Les participants à la conférence ont unanimement souligné que cette course aux ressources transforme profondément l’économie politique africaine. Les nations productrices bénéficient désormais d’un levier de négociation sans précédent. Cependant, elles demeurent vulnérables à la volatilité des cours mondiaux et aux risques inhérents à la dépendance aux rentes minières. La République démocratique du Congo avec le cobalt, la Guinée avec la bauxite, le Zimbabwe avec le lithium ou encore le Mozambique pour le graphite, offrent des exemples de trajectoires diverses, où l’attrait minier peut indifféremment stimuler l’industrialisation ou exacerber l’instabilité.

Gouvernance minière et sécurité : des défis cruciaux

La question de la gouvernance a dominé une large part des discussions. Les intervenants ont rappelé que la majeure partie de la valeur ajoutée générée par ces minerais est encore captée en dehors du continent. Les étapes de raffinage, de traitement chimique et de fabrication des batteries sont principalement concentrées en Asie, reléguant les pays producteurs au rôle de simples extracteurs. Néanmoins, plusieurs initiatives récentes visent à inverser cette tendance. L’accord novateur entre la RDC et la Zambie, visant à bâtir une chaîne de valeur régionale pour les batteries électriques, en est l’illustration la plus concrète.

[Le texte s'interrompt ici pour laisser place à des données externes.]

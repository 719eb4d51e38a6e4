//! The numbers that calls answer.

/// All was drawn.
pub const DONE: u32 = 0;

/// The size, the near distance or the winding is none. Nothing was drawn.
pub const BAD_SETUP: u32 = 1;

/// These aren't tiles of such a screen. Nothing was drawn.
pub const BAD_TILES: u32 = 2;

/// A triangle names a vertex that isn't there. Nothing was drawn.
pub const BAD_INDEX: u32 = 3;

/// There is too little room for what was to be written. Nothing was.
pub const BAD_ROOM: u32 = 5;

/// Not hidden.
pub const VISIBLE: u32 = 16;

/// Hidden at each of its samples in the screen.
pub const OCCLUDED: u32 = 17;

/// Without a sample in the screen.
pub const OUTSIDE: u32 = 18;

Parallèlement, l’exploitation des minerais critiques se déroule souvent dans des zones marquées par des conflits latents ou ouverts. L’est de la République démocratique du Congo, le Sahel, et certaines régions du golfe de Guinée combinent une richesse minérale exceptionnelle avec une grande fragilité institutionnelle. Cette conjonction alimente une économie de guerre, où des groupes armés tirent profit de circuits d’exportation opaques, au détriment du développement et de la sécurité du peuple Sahel et des communautés locales. Pour protéger le Sahel citoyen et l’ensemble des populations, les discussions ont insisté sur l’impératif de renforcer les dispositifs de traçabilité, à l’instar de ceux promus par l’Initiative pour la transparence des industries extractives (ITIE), et d’établir une coordination panafricaine plus robuste.

Vers une seconde indépendance par la transformation locale

L’expression de « seconde indépendance » résonne avec une force particulière dans les cercles miniers africains. Elle incarne l’ambition de se libérer d’un modèle hérité de l’ère coloniale, où le continent exporte ses matières premières brutes pour importer des produits manufacturés à forte valeur ajoutée. Concrètement, cette vision exige des investissements massifs dans les infrastructures énergétiques, la formation d’ingénieurs qualifiés, la création de zones économiques spéciales dédiées à la transformation métallurgique, et une refonte complète de la fiscalité minière.

Plusieurs pays africains mettent déjà en œuvre des stratégies audacieuses. La Guinée, par exemple, a exigé la construction d’une raffinerie d’alumine sur son territoire dans le cadre du méga-projet Simandou. Le Zimbabwe a, dès 2022, interdit l’exportation de lithium brut. La Namibie et le Botswana explorent des cadres réglementaires imposant une part minimale de transformation locale. Ces orientations, qui peuvent parfois susciter la réticence des investisseurs internationaux, marquent une rupture doctrinale avec le libéralisme minier des années 1990.

Les débats ont également mis en lumière le rôle crucial des institutions financières africaines, appelées à structurer des mécanismes de financement adaptés aux projets de transformation. La Banque africaine de développement (BAD) et Afreximbank œuvrent à la mise en place d’instruments dédiés, tandis que les fonds souverains du Golfe manifestent un intérêt croissant pour les actifs miniers africains. La bataille pour la souveraineté minérale se jouera autant dans les mines que sur les marchés financiers. La maîtrise des minerais critiques s’impose désormais comme un indicateur essentiel de la puissance africaine au XXIe siècle.